ghost use Rattle.std.specs.Prelude.{◌≡◌, IsTrue};
ghost use Rattle.fsb_access.specs.Access.{size_of, addr_of, accessed_line, chunk_of, number_of, is_size, is_place, fits, is_lawful_access};

/// Addresses are below this number.
pub const ADDRESS_LIMIT: u64 = 0x10_0000_0000;

/// The bytes of a cache line.
pub const LINE_BYTES: u64 = 32;

/// The bytes of a chunk: what the data bus carries in one clock.
pub const CHUNK_BYTES: u64 = 8;

/// The chunks of a cache line.
pub const LINE_CHUNKS: u64 = 4;

/// What a store puts.
#[derive(Clone, Copy, Debug, PartialEq, Eq)]
pub enum Operand {
    /// The number itself, which fits the store's size.
    Literal(u64),
    /// The value that the agent loaded last (0 before any load) plus this number, modulo the store's width.
    LastPlus(u64),
}

impl Operand {
    /// The number that the operand names: the literal, or what is added.
    pub fn number(&self) -> u64
        ensures { result ≡ number_of self.now }
    {
        match self {
            Operand::Literal(number) => *number,
            Operand::LastPlus(number) => *number,
        }
    }
}

/// One load or store of `size` bytes at the byte address `addr`, the lowest byte first.
///
/// A lawful access ([`Access::is_lawful`]) has 1, 2, 4 or 8 bytes and an address below 2^36 that is a multiple of the
/// size, so it lies within one chunk of eight bytes; the number of a store fits its size.
#[derive(Clone, Copy, Debug, PartialEq, Eq)]
pub enum Access {
    Load { size: u8, addr: u64 },
    Store { size: u8, addr: u64, value: Operand },
}

impl Access {
    /// How many bytes are loaded or stored.
    pub fn size(&self) -> u8
        ensures { result ≡ size_of self.now }
    {
        match self {
            Access::Load { size, .. } => *size,
            Access::Store { size, .. } => *size,
        }
    }

    /// The address of the first byte.
    pub fn addr(&self) -> u64
        ensures { result ≡ addr_of self.now }
    {
        match self {
            Access::Load { addr, .. } => *addr,
            Access::Store { addr, .. } => *addr,
        }
    }

    /// The number of the cache line that the first byte lies in.
    pub fn line(&self) -> u64
        ensures { result ≡ accessed_line self.now }
    {
        self.addr() / LINE_BYTES
    }

    /// The chunk of that line, 0 to 3, that the first byte lies in.
    pub fn chunk(&self) -> u8
        ensures { result ≡ chunk_of self.now }
    {
        ((self.addr() / CHUNK_BYTES) % LINE_CHUNKS) as u8
    }

    /// Whether the size is 1, 2, 4 or 8, the address is below 2^36 and a multiple of the size, and the number of a
    /// store fits the size.
    pub fn is_lawful(&self) -> bool
        ensures { result ≡ is_lawful_access self.now }
    {
        match self {
            Access::Load { size, addr } => is_place(*size, *addr),
            Access::Store { size, addr, value } => {
                is_place(*size, *addr) && fits(*size, value.number())
            }
        }
    }
}

/// Whether so many bytes may be accessed at this address.
fn is_place(size: u8, addr: u64) -> bool
    ensures { result ≡ is_place size addr }
{
    matches!(size, 1 | 2 | 4 | 8) && addr < ADDRESS_LIMIT && addr % u64::from(size) == 0
}

/// Whether a number is one of so many bytes.
pub fn fits(size: u8, number: u64) -> bool
    requires { IsTrue (is_size size) }
    ensures { result ≡ fits size number }
{
    match size {
        1 => number < 0x100,
        2 => number < 0x1_0000,
        4 => number < 0x1_0000_0000,
        _ => true,
    }
}

/// One byte of memory as a run begins.
#[derive(Clone, Copy, Debug, PartialEq, Eq)]
pub struct Setting {
    pub addr: u64,
    pub byte: u8,
}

EXERCISE OBJECTIVE =>
Nothing but the lines from the one holding "result ≡ is_place" to the end of the entries should be output, each exactly as it appears.

WRITTEN RESPONSE =>
    ensures { result ≡ is_place size addr }
{
    matches!(size, 1 | 2 | 4 | 8) && addr < ADDRESS_LIMIT && addr % u64::from(size) == 0
}

/// Whether a number is one of so many bytes.
pub fn fits(size: u8, number: u64) -> bool
    requires { IsTrue (is_size size) }
    ensures { result ≡ fits size number }
{
    match size {
        1 => number < 0x100,
        2 => number < 0x1_0000,
        4 => number < 0x1_0000_0000,
        _ => true,
    }
}

/// One byte of memory as a run begins.
#[derive(Clone, Copy, Debug, PartialEq, Eq)]
pub struct Setting {
    pub addr: u64,
    pub byte: u8,
}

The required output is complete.